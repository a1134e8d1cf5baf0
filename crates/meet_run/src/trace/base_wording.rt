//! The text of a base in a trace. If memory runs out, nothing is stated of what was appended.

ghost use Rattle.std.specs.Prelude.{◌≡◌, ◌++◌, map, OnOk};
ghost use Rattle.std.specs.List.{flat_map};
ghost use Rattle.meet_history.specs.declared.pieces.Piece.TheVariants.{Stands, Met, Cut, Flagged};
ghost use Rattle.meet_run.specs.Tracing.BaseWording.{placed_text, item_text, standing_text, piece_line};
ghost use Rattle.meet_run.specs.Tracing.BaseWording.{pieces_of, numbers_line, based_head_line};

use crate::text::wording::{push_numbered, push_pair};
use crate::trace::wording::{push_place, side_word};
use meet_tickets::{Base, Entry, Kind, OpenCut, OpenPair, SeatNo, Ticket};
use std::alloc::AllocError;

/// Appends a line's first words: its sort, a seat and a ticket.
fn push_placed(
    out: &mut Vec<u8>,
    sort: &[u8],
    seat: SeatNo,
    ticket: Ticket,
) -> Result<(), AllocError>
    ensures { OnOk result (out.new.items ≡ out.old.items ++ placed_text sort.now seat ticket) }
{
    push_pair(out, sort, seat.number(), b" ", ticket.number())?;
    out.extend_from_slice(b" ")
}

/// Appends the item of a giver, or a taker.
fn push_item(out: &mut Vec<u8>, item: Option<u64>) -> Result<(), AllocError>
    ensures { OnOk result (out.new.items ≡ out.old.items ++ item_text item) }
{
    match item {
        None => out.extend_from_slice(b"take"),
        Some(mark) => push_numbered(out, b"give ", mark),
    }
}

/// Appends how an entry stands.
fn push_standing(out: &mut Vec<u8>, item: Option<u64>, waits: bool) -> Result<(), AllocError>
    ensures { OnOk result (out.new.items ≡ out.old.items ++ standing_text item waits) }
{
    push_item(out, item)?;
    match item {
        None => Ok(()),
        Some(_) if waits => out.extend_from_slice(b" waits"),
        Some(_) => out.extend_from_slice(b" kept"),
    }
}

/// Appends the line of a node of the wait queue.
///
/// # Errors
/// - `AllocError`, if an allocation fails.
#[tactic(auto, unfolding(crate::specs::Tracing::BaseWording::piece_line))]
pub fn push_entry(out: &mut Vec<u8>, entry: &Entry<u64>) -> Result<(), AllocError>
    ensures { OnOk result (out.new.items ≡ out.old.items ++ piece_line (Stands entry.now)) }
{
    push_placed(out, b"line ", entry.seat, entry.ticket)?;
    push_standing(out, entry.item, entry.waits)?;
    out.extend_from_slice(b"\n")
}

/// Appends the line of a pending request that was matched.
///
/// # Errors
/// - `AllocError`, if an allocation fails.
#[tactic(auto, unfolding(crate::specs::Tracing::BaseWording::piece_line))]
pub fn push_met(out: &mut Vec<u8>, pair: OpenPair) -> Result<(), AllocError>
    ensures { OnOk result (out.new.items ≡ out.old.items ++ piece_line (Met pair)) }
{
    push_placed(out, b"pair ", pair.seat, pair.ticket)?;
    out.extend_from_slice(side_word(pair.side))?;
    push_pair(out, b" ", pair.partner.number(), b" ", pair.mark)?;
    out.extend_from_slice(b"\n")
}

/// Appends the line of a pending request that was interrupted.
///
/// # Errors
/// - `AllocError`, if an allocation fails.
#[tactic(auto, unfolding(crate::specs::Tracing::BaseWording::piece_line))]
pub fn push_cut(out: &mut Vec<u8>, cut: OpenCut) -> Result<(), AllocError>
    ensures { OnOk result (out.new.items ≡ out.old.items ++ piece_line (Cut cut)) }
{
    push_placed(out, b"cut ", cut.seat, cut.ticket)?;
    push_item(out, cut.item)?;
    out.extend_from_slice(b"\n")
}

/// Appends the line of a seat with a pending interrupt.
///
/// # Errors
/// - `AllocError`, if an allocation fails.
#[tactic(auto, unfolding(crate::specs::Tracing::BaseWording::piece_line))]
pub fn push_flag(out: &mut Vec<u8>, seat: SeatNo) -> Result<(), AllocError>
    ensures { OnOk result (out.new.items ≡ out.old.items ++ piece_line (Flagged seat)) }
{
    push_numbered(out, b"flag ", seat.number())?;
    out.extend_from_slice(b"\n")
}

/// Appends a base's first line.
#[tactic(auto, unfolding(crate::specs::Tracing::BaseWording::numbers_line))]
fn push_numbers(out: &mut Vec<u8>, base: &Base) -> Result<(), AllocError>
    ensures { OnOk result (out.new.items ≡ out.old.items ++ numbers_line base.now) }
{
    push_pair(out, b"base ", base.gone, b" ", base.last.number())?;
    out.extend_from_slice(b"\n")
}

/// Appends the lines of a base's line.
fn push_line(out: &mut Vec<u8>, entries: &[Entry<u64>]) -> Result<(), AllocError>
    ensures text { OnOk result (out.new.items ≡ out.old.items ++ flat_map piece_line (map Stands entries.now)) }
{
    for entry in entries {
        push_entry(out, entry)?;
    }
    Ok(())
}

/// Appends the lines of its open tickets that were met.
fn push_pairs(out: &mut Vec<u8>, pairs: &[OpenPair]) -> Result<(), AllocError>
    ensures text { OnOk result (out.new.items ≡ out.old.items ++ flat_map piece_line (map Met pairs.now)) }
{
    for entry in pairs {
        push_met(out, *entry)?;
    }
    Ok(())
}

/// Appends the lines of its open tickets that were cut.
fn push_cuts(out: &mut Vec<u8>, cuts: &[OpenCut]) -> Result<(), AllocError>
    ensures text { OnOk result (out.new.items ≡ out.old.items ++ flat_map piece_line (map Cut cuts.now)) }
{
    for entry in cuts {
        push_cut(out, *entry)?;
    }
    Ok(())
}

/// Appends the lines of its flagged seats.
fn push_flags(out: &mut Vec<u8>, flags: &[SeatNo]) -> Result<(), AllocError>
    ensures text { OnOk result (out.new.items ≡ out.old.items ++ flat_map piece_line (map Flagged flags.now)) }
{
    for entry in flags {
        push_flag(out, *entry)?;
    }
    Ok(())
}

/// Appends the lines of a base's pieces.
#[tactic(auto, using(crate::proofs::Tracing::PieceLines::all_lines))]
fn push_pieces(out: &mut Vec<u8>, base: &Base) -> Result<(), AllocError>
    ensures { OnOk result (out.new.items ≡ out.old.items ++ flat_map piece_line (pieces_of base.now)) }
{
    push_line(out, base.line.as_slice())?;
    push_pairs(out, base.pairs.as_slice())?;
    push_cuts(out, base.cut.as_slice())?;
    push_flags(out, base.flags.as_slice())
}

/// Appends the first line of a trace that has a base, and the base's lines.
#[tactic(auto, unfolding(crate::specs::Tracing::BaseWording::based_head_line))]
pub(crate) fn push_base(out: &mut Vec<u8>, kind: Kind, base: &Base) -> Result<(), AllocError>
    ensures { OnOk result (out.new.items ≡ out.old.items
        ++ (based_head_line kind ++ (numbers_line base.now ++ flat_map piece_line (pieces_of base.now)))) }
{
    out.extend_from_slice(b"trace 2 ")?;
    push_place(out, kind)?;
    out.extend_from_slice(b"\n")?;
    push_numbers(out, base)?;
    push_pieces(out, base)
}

...

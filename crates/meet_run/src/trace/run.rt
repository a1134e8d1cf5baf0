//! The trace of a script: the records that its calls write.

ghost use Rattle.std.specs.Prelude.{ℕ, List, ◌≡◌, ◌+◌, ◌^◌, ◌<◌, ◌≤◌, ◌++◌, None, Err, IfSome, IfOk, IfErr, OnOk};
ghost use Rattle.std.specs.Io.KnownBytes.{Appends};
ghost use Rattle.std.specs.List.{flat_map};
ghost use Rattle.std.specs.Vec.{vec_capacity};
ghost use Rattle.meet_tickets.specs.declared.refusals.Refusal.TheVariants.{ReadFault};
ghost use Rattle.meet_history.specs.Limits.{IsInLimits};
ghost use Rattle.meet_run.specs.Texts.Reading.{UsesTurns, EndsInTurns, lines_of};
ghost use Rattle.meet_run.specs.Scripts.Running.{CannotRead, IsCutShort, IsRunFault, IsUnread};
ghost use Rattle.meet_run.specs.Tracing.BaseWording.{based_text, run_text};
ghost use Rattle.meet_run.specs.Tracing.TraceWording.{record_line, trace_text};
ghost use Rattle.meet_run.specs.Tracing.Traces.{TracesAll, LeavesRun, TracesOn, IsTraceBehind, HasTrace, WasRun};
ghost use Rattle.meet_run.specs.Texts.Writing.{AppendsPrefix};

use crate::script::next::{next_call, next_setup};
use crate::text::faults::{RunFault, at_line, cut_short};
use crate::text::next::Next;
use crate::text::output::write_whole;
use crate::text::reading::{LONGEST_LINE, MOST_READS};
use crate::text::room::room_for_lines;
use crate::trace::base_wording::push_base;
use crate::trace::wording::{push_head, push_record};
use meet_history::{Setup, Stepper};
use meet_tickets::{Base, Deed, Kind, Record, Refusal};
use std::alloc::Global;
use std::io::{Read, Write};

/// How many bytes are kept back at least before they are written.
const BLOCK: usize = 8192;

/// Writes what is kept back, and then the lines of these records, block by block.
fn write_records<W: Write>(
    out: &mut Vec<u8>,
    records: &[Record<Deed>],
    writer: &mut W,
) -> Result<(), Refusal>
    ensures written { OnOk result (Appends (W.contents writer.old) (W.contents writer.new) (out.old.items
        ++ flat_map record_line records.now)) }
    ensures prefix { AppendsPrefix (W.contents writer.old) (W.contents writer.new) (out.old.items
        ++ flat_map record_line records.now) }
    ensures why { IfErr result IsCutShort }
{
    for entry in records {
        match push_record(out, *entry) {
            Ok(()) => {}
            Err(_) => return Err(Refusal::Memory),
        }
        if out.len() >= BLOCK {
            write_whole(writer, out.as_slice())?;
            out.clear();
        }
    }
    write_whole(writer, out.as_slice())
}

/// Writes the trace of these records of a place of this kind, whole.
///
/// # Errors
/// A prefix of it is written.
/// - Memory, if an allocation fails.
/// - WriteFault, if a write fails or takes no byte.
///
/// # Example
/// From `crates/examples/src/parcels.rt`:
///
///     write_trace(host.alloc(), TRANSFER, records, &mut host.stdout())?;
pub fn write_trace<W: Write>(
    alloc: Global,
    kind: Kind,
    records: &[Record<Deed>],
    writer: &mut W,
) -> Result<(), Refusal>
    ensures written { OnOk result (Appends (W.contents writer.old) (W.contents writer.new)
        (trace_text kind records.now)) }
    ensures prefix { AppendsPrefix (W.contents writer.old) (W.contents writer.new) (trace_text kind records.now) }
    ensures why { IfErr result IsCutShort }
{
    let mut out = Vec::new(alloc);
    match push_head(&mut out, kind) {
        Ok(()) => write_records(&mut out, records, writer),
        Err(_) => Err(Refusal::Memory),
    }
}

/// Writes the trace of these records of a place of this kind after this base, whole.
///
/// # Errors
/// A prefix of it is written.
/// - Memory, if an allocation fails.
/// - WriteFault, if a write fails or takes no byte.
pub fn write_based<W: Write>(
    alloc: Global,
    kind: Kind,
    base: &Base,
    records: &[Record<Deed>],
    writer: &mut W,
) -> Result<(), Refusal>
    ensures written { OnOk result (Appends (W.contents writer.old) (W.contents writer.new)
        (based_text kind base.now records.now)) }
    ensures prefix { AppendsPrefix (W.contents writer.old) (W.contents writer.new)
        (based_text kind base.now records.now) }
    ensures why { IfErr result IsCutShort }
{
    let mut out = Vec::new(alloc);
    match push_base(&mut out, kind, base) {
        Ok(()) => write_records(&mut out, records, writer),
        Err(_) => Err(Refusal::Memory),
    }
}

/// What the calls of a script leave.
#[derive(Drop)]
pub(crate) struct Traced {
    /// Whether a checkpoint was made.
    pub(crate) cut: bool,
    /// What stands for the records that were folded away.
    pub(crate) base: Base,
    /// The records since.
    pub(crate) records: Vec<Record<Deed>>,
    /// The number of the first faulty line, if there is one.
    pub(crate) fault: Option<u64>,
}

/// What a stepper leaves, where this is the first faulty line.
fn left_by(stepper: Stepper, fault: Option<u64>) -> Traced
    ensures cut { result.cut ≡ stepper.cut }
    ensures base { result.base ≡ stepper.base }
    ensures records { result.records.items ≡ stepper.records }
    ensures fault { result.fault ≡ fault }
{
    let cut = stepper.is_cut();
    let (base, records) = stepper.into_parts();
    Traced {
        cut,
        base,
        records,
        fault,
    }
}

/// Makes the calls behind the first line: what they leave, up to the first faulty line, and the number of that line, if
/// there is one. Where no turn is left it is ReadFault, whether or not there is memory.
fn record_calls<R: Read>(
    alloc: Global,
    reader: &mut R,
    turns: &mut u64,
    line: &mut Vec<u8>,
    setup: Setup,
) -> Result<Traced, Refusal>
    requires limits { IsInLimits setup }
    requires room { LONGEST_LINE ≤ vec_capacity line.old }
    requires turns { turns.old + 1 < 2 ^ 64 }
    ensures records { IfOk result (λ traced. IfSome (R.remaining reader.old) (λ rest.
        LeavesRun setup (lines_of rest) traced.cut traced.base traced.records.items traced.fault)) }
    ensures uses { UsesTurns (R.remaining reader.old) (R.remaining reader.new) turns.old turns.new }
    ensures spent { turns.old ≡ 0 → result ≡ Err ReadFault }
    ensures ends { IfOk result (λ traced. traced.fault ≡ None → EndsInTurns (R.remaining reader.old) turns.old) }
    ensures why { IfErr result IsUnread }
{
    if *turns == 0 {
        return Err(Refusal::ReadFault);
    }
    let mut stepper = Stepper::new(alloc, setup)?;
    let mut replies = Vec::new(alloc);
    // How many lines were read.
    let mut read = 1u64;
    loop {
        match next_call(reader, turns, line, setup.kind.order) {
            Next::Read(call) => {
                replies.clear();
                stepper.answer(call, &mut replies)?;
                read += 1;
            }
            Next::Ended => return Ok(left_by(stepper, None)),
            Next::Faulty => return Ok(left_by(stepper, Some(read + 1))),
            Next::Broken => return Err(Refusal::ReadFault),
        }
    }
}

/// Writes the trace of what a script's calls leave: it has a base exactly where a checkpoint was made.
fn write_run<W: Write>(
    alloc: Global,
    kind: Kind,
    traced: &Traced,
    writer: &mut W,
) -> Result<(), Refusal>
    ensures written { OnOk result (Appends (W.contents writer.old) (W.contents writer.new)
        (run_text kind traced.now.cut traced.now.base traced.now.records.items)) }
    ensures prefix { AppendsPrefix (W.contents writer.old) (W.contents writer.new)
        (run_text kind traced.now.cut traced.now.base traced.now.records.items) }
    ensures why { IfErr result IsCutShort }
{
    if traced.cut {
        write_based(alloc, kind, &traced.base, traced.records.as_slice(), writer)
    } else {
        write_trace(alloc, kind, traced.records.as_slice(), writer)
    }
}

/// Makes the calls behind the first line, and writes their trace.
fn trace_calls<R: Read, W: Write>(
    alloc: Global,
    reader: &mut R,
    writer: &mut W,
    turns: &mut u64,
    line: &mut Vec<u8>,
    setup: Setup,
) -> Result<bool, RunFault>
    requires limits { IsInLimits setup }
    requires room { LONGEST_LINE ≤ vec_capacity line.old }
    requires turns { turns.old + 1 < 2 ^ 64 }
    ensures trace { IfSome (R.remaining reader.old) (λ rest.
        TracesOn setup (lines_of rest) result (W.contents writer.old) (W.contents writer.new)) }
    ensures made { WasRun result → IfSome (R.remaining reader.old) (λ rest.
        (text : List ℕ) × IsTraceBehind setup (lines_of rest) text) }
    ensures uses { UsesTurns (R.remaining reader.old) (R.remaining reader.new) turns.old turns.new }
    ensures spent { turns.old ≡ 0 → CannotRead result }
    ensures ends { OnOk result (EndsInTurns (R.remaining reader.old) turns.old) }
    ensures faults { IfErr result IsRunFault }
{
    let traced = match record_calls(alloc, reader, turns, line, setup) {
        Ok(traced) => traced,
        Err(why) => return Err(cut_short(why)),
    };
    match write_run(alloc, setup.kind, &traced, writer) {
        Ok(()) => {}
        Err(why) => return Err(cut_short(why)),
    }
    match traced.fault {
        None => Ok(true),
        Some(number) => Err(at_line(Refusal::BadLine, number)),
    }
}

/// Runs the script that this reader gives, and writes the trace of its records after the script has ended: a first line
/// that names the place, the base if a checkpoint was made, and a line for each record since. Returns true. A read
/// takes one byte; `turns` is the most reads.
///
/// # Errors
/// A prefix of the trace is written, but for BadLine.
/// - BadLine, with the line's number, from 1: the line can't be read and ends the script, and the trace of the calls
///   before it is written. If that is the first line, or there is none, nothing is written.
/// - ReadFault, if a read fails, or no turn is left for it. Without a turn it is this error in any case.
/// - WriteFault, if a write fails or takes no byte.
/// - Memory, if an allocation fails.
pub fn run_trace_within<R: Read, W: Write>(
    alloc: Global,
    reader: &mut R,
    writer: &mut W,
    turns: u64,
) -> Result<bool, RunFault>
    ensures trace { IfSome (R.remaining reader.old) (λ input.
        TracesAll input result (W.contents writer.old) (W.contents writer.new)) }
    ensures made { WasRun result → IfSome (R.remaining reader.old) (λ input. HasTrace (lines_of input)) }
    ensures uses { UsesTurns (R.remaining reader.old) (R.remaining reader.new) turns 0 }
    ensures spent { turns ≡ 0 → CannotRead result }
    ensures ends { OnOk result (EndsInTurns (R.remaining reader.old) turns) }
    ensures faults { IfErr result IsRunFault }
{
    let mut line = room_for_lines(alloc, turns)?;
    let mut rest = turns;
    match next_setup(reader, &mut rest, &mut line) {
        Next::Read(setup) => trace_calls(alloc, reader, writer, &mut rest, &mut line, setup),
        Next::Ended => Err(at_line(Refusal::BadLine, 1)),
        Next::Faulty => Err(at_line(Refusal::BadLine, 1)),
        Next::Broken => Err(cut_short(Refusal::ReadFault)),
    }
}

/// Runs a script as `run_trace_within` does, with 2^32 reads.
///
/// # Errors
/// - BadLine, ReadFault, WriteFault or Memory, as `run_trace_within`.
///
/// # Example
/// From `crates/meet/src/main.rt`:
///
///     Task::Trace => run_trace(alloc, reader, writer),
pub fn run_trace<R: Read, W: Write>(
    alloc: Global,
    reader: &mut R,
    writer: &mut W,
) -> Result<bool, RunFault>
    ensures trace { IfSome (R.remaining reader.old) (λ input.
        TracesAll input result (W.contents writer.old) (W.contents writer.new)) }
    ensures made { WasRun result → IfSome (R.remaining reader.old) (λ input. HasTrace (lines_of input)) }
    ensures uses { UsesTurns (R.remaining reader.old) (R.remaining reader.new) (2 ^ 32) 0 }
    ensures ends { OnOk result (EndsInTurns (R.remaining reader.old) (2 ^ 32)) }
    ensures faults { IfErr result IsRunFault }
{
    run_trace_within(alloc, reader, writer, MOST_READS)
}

Exercise objective: In the data above, which lines lie between the line with "replies.clear();" and the line with "Next::Ended => return", inclusive? Print those lines exactly and nothing else.

Output below:
                replies.clear();
                stepper.answer(call, &mut replies)?;
                read += 1;
            }
            Next::Ended => return Ok(left_by(stepper, None)),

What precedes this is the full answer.